* YOUR OBJECTIVE *
Using the data below, copy every line that contains the word "AnchorChecks".

* LISTED ENTRIES *

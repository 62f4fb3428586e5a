// The lines of a report or a refusal (document 01, "The example tank"), each appended to a text; the bounds are
// those of numbers of twenty digits. Words and digits letter by letter, since by `write!` a text misses the bar of speed
// (store.rt of `words`). `as` widens, as in hoop.rt of `rules`.
ghost use Rattle.std.specs.Prelude.{[], ◌∷◌, map, ◌+◌, ◌*◌, ◌≤◌, length};
ghost use Rattle.fields.specs.Refusal.{code_of};
ghost use Rattle.stability.specs.Earthquake.{uplift_word};
ghost use Rattle.rules.specs.Verdict.{verdict_word};
ghost use Rattle.lines.specs.Text.{line, more, text, course_line, course_lines, wind_line, pull_line, anchor_line, self_line, standing_lines, tank_line, report_lines, code_figures, refusal_line, text_of, most_text};
ghost use Rattle.words.specs.Decimal.{decimal};
ghost use Rattle.words.specs.Stored.{Stored, HasRoom, Appends};

use fields::{Code, Refusal};
use reports::report::{AnchorChecks, CourseLine, Judgement, Report, SelfChecks, Standing, Word};
use rules::verdict::Verdict;
use stability::earthquake::Uplift;
use words::Text;

// With a blank in front.
fn put_verdict<'a>(to: Text<'a>, v: Verdict) -> Text<'a>
    requires { HasRoom to 6 }
    ensures { Appends 6 to.entry (0x20 ∷ verdict_word v) result }
{
    match v {
        Verdict::Holds(_) => to.put(b" ok"),
        Verdict::Short(_) => to.put(b" short"),
    }
}

fn put_course<'a>(to: Text<'a>, number: u64, c: CourseLine) -> Text<'a>
    requires { HasRoom to 97 }
    ensures { Appends 97 to.entry (line (course_line number c)) result }
{
    let figures = to
        .put(b"course")
        .put_figure(number)
        .put_figure(c.need)
        .put_figure(c.required)
        .put_figure(c.plate as u64);
    put_verdict(figures, c.verdict).put(b"\n")
}

fn put_courses<'a>(mut to: Text<'a>, lines: &[CourseLine]) -> Text<'a>
    requires { HasRoom to (97 * length lines.now) }
    ensures { Appends (97 * length lines.now) to.entry (text (course_lines 1 lines.now)) result }
{
    for (i, c) in lines.iter().enumerate() {
        to = put_course(to, i as u64 + 1, *c);
    }
    to
}

fn put_wind<'a>(to: Text<'a>, pressure: u64, moment: u64) -> Text<'a>
    requires { HasRoom to 47 }
    ensures { Appends 47 to.entry (line (wind_line pressure moment)) result }
{
    to.put(b"wind")
        .put_figure(pressure)
        .put_figure(moment)
        .put(b"\n")
}

// With a blank in front, and the line end.
fn put_uplift<'a>(to: Text<'a>, u: Uplift) -> Text<'a>
    requires { HasRoom to 6 }
    ensures { Appends 6 to.entry (more (uplift_word u ∷ [])) result }
{
    match u {
        Uplift::None => to.put(b" none\n"),
        Uplift::Lift => to.put(b" lift\n"),
        Uplift::Over => to.put(b" over\n"),
    }
}

fn put_self<'a>(to: Text<'a>, c: SelfChecks) -> Text<'a>
    requires { HasRoom to 49 }
    ensures { Appends 49 to.entry (line (self_line c)) result }
{
    let wind = put_verdict(to.put(b"self wind"), c.wind);
    put_uplift(wind.put(b" resist").put_figure(c.resistance), c.uplift)
}

fn put_pulls<'a>(to: Text<'a>, c: AnchorChecks) -> Text<'a>
    requires { HasRoom to 49 }
    ensures { Appends 49 to.entry (line (pull_line c)) result }
{
    to.put(b"pull")
        .put_signed(c.wind_pull)
        .put_signed(c.quake_pull)
        .put(b"\n")
}

fn put_anchors<'a>(to: Text<'a>, c: AnchorChecks) -> Text<'a>
    requires { HasRoom to 37 }
    ensures { Appends 37 to.entry (line (anchor_line c)) result }
{
    let spacing = put_verdict(to.put(b"anchors spacing"), c.spacing);
    put_verdict(spacing.put(b" strength"), c.strength).put(b"\n")
}

fn put_standing<'a>(to: Text<'a>, s: Standing) -> Text<'a>
    requires { HasRoom to 86 }
    ensures { Appends 86 to.entry (text (standing_lines s)) result }
{
    match s {
        Standing::SelfAnchored(c) => put_self(to, c),
        Standing::Anchored(c) => put_anchors(put_pulls(to, c), c),
    }
}

fn put_tank<'a>(to: Text<'a>, w: Word) -> Text<'a>
    requires { HasRoom to 11 }
    ensures { Appends 11 to.entry (line (tank_line w)) result }
{
    match w {
        Word::Sound => to.put(b"tank sound\n"),
        Word::Short => to.put(b"tank short\n"),
    }
}

fn put_report<'a>(to: Text<'a>, r: Report) -> Text<'a>
    requires { HasRoom to most_text }
    ensures { Appends most_text to.entry (text (report_lines r)) result }
{
    let lines: &[CourseLine] = &r.lines;
    let held = r.count.min(lines.len());
    let courses = put_courses(to, &lines[..held]);
    let wind = put_wind(courses, r.pressure, r.moment);
    let standing = put_standing(wind, r.standing);
    put_tank(standing, r.word)
}

// The refusal that prints its field: a field outside its range. By number, as the text's definition goes: by a match on the
// refusal the proof would go through all of them (tried).
const OUT_OF_RANGE: u32 = 16;

// The number, and for 16 the field, each with a blank in front, and the line end.
fn put_code<'a>(to: Text<'a>, p: Code) -> Text<'a>
    requires { HasRoom to 43 }
    ensures { Appends 43 to.entry (more (map decimal (code_figures p))) result }
{
    let number = to.put_figure(p.number as u64);
    if p.number == OUT_OF_RANGE {
        return number.put_figure(p.field as u64).put(b"\n");
    }
    number.put(b"\n")
}

fn put_refusal<'a>(to: Text<'a>, refusal: Refusal) -> Text<'a>
    requires { HasRoom to most_text }
    ensures { Appends most_text to.entry (line (refusal_line (code_of refusal))) result }
{
    put_code(to.put(b"refused"), refusal.code())
}

fn put_judgement<'a>(to: Text<'a>, j: Judgement) -> Text<'a>
    requires { HasRoom to most_text }
    ensures { Appends most_text to.entry (text_of j) result }
{
    match j.answer {
        Ok(()) => put_report(to, j.report),
        Err(refusal) => put_refusal(to, refusal),
    }
}

// The whole text, at the start of the buffer.
pub fn put_text(out: &mut [u8], j: Judgement) -> usize
    requires { most_text ≤ length out.old }
    ensures upper_bound { result ≤ most_text }
    ensures stored { Stored out.old 0 (text_of j) out.new result }
{
    let mut to = Text::new(out);
    fill(&mut to, j);
    to.written()
}

// Through a reference: of a text that is taken and handed back by value, a caller does not learn what the buffer holds when
// the loan ends.
fn fill(to: &mut Text<'_>, j: Judgement)
    requires { HasRoom to.old most_text }
    ensures { Appends most_text to.old (text_of j) to.new }
{
    *to = put_judgement(std::mem::take(to), j);
}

* TASK RESPONSE *
use reports::report::{AnchorChecks, CourseLine, Judgement, Report, SelfChecks, Standing, Word};
fn put_pulls<'a>(to: Text<'a>, c: AnchorChecks) -> Text<'a>
fn put_anchors<'a>(to: Text<'a>, c: AnchorChecks) -> Text<'a>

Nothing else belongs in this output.